▶ DATA LISTING
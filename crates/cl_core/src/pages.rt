//! What answers a page request (XEP-0313, sections 4.2 and 4.3): the end of the page, or an error.
//!
//! No next page is made ready behind the last one.
ghost use Rattle.std.specs.Prelude.{◌≡◌, ℕ, ◌≤◌, ◌||◌, Some, None, is_some, not, true, false, IfOk, IfSome, IsSome, OnErr, OnOk};
ghost use Rattle.std.specs.Option.{option_copied};
ghost use Rattle.sm_acks.specs.declared.end.TheConstants.{MOST_UNACKNOWLEDGED};
ghost use Rattle.cl_handlers.specs.Acks.{HasFewer};
ghost use Rattle.cl_handlers.specs.MessageRows.{error_within, refuses};
ghost use Rattle.cl_core.specs.PageRows;
ghost use Rattle.cl_core.specs.PageRows.{answered_page, catch_up_fault, error_of_page, nothing_told, only_fin, page_answered, page_ended, restarts, result_of_page};
ghost use Rattle.cl_handlers.specs.Speech.{in_bytes};
ghost use Rattle.cl_handlers.specs.Views.{client_of, client_step_of};
ghost use Rattle.mam_log.specs.Views.{OpenPage, end_of, page_for};
ghost use Rattle.sm_outbox.specs.Submissions.{next_number};
ghost use Rattle.im_replies.specs.Management.{request_text};
ghost use Rattle.im_requests.specs.Messages.{page_text, queryid_text};
ghost use Rattle.xml_trees.specs.Readers.{elements_of};
ghost use Rattle.xml_trees.specs.Views.{nodes_view};

use crate::page_requests::{Asking, asking_for, make_place, put_page};
use crate::replacing::replace_phase;
use base_io::{NoMemory, Text};
use cl_handlers::{CatchUpFault, ClientOut, ClientState, Event, PeerFault, Phase};
use im_mam::read_fin_element;
use im_payload::ExtFault;
use im_stanza::{Condition, Iq, IqKind, StanzaErrorFault, stanza_error_in};
use mam_log::{FinFault, PageOutcome};
use mam_pages::Fin;
use std::alloc::Global;
use xml_trees::{Node, next_element};

// Why a page was not taken over, as a fault of the catch-up.
fn catch_up_fault(fault: FinFault) -> CatchUpFault
    ensures { result ≡ catch_up_fault fault }
{
    match fault {
        FinFault::Mismatch { last, got } => CatchUpFault::Mismatch { last, got },
        FinFault::Repeats(id) => CatchUpFault::Repeats(id),
        FinFault::NoAdvance | FinFault::Stranger | FinFault::NoMemory => CatchUpFault::NoAdvance,
    }
}

// The fault of an answer that tells no end of a page, and no condition.
fn nothing_told(alloc: Global) -> Result<CatchUpFault, NoMemory>
    ensures { IfOk result (λ fault. fault ≡ nothing_told) }
{
    let condition = Text::from_str(alloc, "undefined-condition")?;
    Ok(CatchUpFault::Refused(Condition::Other(condition)))
}

// The end of a page, where a payload is that alone.
#[tactic(auto, using(crate::proofs::Payloads::fin_alone, crate::proofs::Payloads::fin_more, crate::proofs::Payloads::fin_none))]
fn only_fin(alloc: Global, payload: &[Node]) -> Result<Option<Fin>, NoMemory>
    ensures { IfOk result (λ fin. fin ≡ only_fin (elements_of (nodes_view payload.now))) }
{
    let Some((first, rest)) = next_element(payload) else {
        return Ok(None);
    };
    if let Some(_) = next_element(rest) {
        return Ok(None);
    }
    match read_fin_element(alloc, first) {
        Ok(fin) => Ok(Some(fin)),
        Err(ExtFault::NoMemory) => Err(NoMemory),
        Err(ExtFault::NotThis | ExtFault::Bad(_)) => Ok(None),
    }
}

// An id that may be absent, without a copy.
fn borrowed(id: &Option<Text>) -> Option<&str>
    ensures { option_copied result ≡ id.now }
{
    match id {
        Some(id) => Some(id.as_str()),
        None => None,
    }
}

// Whether the archive doesn't keep the place that was asked for.
fn is_not_found(condition: &Condition) -> bool
    ensures { result ≡ PageRows.is_not_found condition.now }
{
    match condition {
        Condition::ItemNotFound => true,
        _ => false,
    }
}

// Whether an id is that of the open page's query.
#[tactic(auto, using(crate::proofs::OpenPages::named_page, crate::proofs::OpenPages::no_page))]
fn is_page(state: &ClientState, id: &str) -> bool
    ensures { result ≡ is_some (page_for id.now state.now.log.page) }
{
    match state.log.underway() {
        Some(queryid) => queryid == id,
        None => false,
    }
}

// Whether a session stands whose queue has place.
fn has_room(state: &ClientState) -> bool
    ensures value { result ≡ PageRows.has_room (client_of state.now).session }
    ensures few { result ≡ true → HasFewer MOST_UNACKNOWLEDGED (client_of state.now).session }
{
    match &state.session {
        Some(session) => !session.is_full(),
        None => false,
    }
}

// Ends the catch-up before its last page.
fn refuse(state: &mut ClientState, fault: CatchUpFault, out: &mut ClientOut) -> Result<(), NoMemory>
    ensures ok { OnOk result (client_step_of state.new out.new ≡ refuses (client_step_of state.old out.old) fault) }
    ensures err { OnErr result (client_step_of state.new out.new ≡ client_step_of state.old out.old) }
{
    out.events.reserve(1)?;
    state.log.break_off();
    out.events.push_reserved(Event::CatchUpRefused(fault));
    Ok(())
}

// Leaves the connection, since something has to be put and as many stanzas wait as may, where a session stands.
fn leave_full(state: &mut ClientState, out: &mut ClientOut)
    requires room { 1 ≤ out.old.events.spare }
    ensures { client_step_of state.new out.new ≡ PageRows.leaves_full (client_step_of state.old out.old) (client_of state.old).session }
{
    if state.session.is_some() {
        replace_phase(&mut state.phase, Phase::Apart);
        out.events
            .push_reserved(Event::Ended(PeerFault::Unacknowledged));
    }
}

// Ends the page where none is asked for behind it: it is the last, or the queue has no place.
#[tactic(auto, using(crate::proofs::PageEnds::complete, crate::proofs::PageEnds::more_full, crate::proofs::PageEnds::refused))]
fn end_page(
    state: &mut ClientState,
    alloc: Global,
    queryid: &str,
    fin: &Fin,
    out: &mut ClientOut,
) -> Result<(), NoMemory>
    requires last { (fin.now.complete || not (PageRows.has_room (client_of state.old).session)) ≡ true }
    ensures ok { OnOk result ((page : OpenPage) → page_for queryid.now state.old.log.page ≡ Some page → client_step_of state.new out.new ≡ page_ended in_bytes (client_step_of state.old out.old) page fin.now (end_of state.old.log page fin.now)) }
    ensures err { OnErr result (client_step_of state.new out.new ≡ client_step_of state.old out.old) }
{
    out.events.reserve(2)?;
    match state.log.fin(alloc, queryid, fin) {
        Ok(PageOutcome::Complete) => out
            .events
            .push_reserved(Event::PageDone(PageOutcome::Complete)),
        Ok(PageOutcome::More) => {
            out.events.push_reserved(Event::PageDone(PageOutcome::More));
            leave_full(state, out);
        }
        Err(FinFault::NoMemory) => return Err(NoMemory),
        Err(fault) => out
            .events
            .push_reserved(Event::CatchUpRefused(catch_up_fault(fault))),
    }
    Ok(())
}

// Ends the page, and asks for the next one where it isn't the last.
#[tactic(auto, using(crate::proofs::PageEnds::complete, crate::proofs::PageEnds::more_position, crate::proofs::PageEnds::refused, crate::proofs::UserSteps::few_still))]
fn end_and_go_on(
    state: &mut ClientState,
    alloc: Global,
    queryid: &str,
    fin: &Fin,
    asking: Asking,
    out: &mut ClientOut,
) -> Result<(), NoMemory>
    requires position { PageRows.has_room (client_of state.old).session ≡ true }
    requires few { HasFewer MOST_UNACKNOWLEDGED (client_of state.old).session }
    requires number { asking.number ≡ next_number state.old.pages }
    requires queryid { asking.queryid ≡ queryid_text (next_number state.old.pages) }
    requires stanza { IfSome state.old.log.page (λ page. asking.stanza.items ≡ page_text (queryid_text (next_number state.old.pages)) fin.now.last page.max) }
    requires request { asking.request.items ≡ request_text }
    ensures ok { OnOk result ((page : OpenPage) → page_for queryid.now state.old.log.page ≡ Some page → client_step_of state.new out.new ≡ page_ended in_bytes (client_step_of state.old out.old) page fin.now (end_of state.old.log page fin.now)) }
    ensures err { OnErr result (client_step_of state.new out.new ≡ client_step_of state.old out.old) }
{
    make_place(state, &asking, 2, out)?;
    let Asking {
        number,
        queryid: next,
        stanza,
        request,
    } = asking;
    match state.log.fin_then_begin(alloc, queryid, fin, next) {
        Ok(PageOutcome::Complete) => out
            .events
            .push_reserved(Event::PageDone(PageOutcome::Complete)),
        Ok(PageOutcome::More) => {
            out.events.push_reserved(Event::PageDone(PageOutcome::More));
            put_page(state, number, stanza, request.as_slice(), out);
        }
        Err(FinFault::NoMemory) => return Err(NoMemory),
        Err(fault) => out
            .events
            .push_reserved(Event::CatchUpRefused(catch_up_fault(fault))),
    }
    Ok(())
}

// The server tells the end of the open page. The next one is asked for where this isn't the last and the queue has place.
#[tactic(auto, using(crate::proofs::OpenPages::none_closed, crate::proofs::OpenPages::asked_most))]
fn end_told(
    state: &mut ClientState,
    alloc: Global,
    answer: &Iq,
    fin: &Fin,
    out: &mut ClientOut,
) -> Result<(), NoMemory>
    ensures ok { OnOk result ((page : OpenPage) → page_for answer.now.id state.old.log.page ≡ Some page → client_step_of state.new out.new ≡ page_ended in_bytes (client_step_of state.old out.old) page fin.now (end_of state.old.log page fin.now)) }
    ensures err { OnErr result (client_step_of state.new out.new ≡ client_step_of state.old out.old) }
{
    let queryid = answer.id.as_str();
    if fin.complete || !has_room(state) {
        return end_page(state, alloc, queryid, fin, out);
    }
    let Some(max) = state.log.most() else {
        return Ok(());
    };
    let asking = asking_for(state, alloc, borrowed(&fin.last), max)?;
    end_and_go_on(state, alloc, queryid, fin, asking, out)
}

▶ ASSIGNED TASK
Scan the data for the word "else" and copy every line where it shows up.

▶ FINISHED TASK
    let Some((first, rest)) = next_element(payload) else {
    let Some(max) = state.log.most() else {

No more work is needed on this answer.